[Records supplied]:
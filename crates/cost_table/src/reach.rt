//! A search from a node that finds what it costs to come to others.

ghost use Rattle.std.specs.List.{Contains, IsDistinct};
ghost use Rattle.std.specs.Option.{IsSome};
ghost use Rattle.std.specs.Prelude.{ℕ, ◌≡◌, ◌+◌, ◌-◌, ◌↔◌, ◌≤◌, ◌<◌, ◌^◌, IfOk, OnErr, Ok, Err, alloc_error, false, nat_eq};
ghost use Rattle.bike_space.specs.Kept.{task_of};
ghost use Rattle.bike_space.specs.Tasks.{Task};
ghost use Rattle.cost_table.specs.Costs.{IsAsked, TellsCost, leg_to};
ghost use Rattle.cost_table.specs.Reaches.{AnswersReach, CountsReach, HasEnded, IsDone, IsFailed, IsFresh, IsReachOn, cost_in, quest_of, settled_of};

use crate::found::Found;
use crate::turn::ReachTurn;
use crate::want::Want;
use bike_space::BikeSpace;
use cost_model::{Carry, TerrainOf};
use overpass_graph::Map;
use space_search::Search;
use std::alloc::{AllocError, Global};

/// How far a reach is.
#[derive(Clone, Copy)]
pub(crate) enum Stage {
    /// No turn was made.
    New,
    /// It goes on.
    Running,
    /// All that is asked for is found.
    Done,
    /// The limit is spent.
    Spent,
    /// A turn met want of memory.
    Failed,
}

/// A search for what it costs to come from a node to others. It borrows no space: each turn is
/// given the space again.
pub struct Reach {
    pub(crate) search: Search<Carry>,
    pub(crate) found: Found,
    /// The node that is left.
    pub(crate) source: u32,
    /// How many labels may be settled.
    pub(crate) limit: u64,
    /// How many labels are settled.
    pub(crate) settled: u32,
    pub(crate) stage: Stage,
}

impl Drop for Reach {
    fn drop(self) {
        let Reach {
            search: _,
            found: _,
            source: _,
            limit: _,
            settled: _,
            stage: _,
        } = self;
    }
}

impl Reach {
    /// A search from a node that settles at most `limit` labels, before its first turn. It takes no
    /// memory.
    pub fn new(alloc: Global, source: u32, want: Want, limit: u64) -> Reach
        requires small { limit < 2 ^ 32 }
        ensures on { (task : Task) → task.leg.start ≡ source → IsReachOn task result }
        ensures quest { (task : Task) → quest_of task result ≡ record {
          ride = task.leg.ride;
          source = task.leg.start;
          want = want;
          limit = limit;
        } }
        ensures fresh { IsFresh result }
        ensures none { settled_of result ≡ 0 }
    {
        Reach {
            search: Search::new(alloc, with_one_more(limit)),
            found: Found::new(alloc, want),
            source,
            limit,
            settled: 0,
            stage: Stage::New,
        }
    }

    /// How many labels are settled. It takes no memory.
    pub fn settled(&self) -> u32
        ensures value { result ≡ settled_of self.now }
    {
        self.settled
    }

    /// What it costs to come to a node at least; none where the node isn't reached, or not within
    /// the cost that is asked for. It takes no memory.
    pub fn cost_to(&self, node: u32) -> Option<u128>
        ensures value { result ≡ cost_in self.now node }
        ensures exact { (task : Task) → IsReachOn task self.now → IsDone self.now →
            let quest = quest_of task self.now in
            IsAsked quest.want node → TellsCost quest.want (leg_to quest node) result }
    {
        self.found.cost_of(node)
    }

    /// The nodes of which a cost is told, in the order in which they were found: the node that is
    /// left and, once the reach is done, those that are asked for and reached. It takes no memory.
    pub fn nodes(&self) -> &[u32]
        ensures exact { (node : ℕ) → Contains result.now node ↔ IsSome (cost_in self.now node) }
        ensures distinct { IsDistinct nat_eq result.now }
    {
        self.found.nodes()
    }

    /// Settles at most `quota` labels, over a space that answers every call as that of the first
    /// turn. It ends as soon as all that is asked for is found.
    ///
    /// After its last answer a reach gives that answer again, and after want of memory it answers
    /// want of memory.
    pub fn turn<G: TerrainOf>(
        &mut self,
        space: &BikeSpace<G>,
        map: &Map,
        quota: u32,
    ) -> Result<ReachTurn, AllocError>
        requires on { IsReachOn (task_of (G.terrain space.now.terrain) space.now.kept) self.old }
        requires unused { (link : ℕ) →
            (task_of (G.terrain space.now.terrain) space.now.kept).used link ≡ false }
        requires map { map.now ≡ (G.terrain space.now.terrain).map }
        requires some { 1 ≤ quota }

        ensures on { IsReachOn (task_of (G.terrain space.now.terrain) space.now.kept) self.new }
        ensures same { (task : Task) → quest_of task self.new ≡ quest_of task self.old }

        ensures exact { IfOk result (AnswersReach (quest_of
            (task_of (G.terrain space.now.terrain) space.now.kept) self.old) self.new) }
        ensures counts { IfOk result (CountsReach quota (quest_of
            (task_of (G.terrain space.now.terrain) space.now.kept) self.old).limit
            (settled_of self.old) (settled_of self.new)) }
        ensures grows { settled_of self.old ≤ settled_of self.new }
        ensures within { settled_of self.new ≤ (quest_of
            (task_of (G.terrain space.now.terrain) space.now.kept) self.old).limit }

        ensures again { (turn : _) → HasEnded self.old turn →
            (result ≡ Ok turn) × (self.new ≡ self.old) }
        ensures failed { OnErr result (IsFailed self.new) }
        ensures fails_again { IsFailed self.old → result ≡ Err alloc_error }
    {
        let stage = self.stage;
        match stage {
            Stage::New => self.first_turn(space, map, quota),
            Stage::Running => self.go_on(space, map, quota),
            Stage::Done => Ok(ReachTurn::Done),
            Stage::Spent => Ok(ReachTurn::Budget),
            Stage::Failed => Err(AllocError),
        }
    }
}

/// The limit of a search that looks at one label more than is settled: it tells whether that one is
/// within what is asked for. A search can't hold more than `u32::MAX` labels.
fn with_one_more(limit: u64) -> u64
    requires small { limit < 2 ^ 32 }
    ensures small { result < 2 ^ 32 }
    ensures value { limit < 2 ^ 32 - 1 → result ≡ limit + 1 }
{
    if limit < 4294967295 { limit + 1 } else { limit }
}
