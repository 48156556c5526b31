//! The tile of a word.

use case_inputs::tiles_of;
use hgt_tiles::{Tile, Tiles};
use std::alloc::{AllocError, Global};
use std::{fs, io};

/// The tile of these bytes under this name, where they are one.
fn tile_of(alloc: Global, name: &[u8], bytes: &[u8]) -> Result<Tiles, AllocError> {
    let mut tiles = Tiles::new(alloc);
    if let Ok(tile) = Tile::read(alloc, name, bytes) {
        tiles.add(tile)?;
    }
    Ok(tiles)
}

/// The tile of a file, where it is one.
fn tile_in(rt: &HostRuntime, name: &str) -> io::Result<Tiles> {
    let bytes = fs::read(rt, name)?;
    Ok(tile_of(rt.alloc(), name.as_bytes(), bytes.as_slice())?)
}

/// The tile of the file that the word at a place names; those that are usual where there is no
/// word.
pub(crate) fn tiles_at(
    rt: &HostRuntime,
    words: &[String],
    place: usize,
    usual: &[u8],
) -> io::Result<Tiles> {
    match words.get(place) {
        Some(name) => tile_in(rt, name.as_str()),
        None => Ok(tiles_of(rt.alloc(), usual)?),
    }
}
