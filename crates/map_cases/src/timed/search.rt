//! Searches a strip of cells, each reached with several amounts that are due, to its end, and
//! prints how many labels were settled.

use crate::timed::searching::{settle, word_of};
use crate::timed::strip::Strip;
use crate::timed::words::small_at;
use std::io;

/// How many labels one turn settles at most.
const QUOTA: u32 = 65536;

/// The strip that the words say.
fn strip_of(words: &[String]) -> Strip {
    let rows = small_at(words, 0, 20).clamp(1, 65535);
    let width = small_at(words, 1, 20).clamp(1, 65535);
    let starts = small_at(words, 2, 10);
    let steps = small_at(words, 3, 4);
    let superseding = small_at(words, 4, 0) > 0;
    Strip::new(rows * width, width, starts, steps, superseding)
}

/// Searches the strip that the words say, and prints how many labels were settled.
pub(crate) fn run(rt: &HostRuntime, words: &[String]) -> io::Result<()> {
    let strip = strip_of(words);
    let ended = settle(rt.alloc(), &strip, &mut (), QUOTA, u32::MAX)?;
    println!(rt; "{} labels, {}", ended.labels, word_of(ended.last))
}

[Exercise directions]: Go through the records line by line, and copy each line that holds the string "those".

[Answer section]:
    /// left and, once the reach is done, those that are asked for and reached. It takes no memory.
/// The tile of the file that the word at a place names; those that are usual where there is no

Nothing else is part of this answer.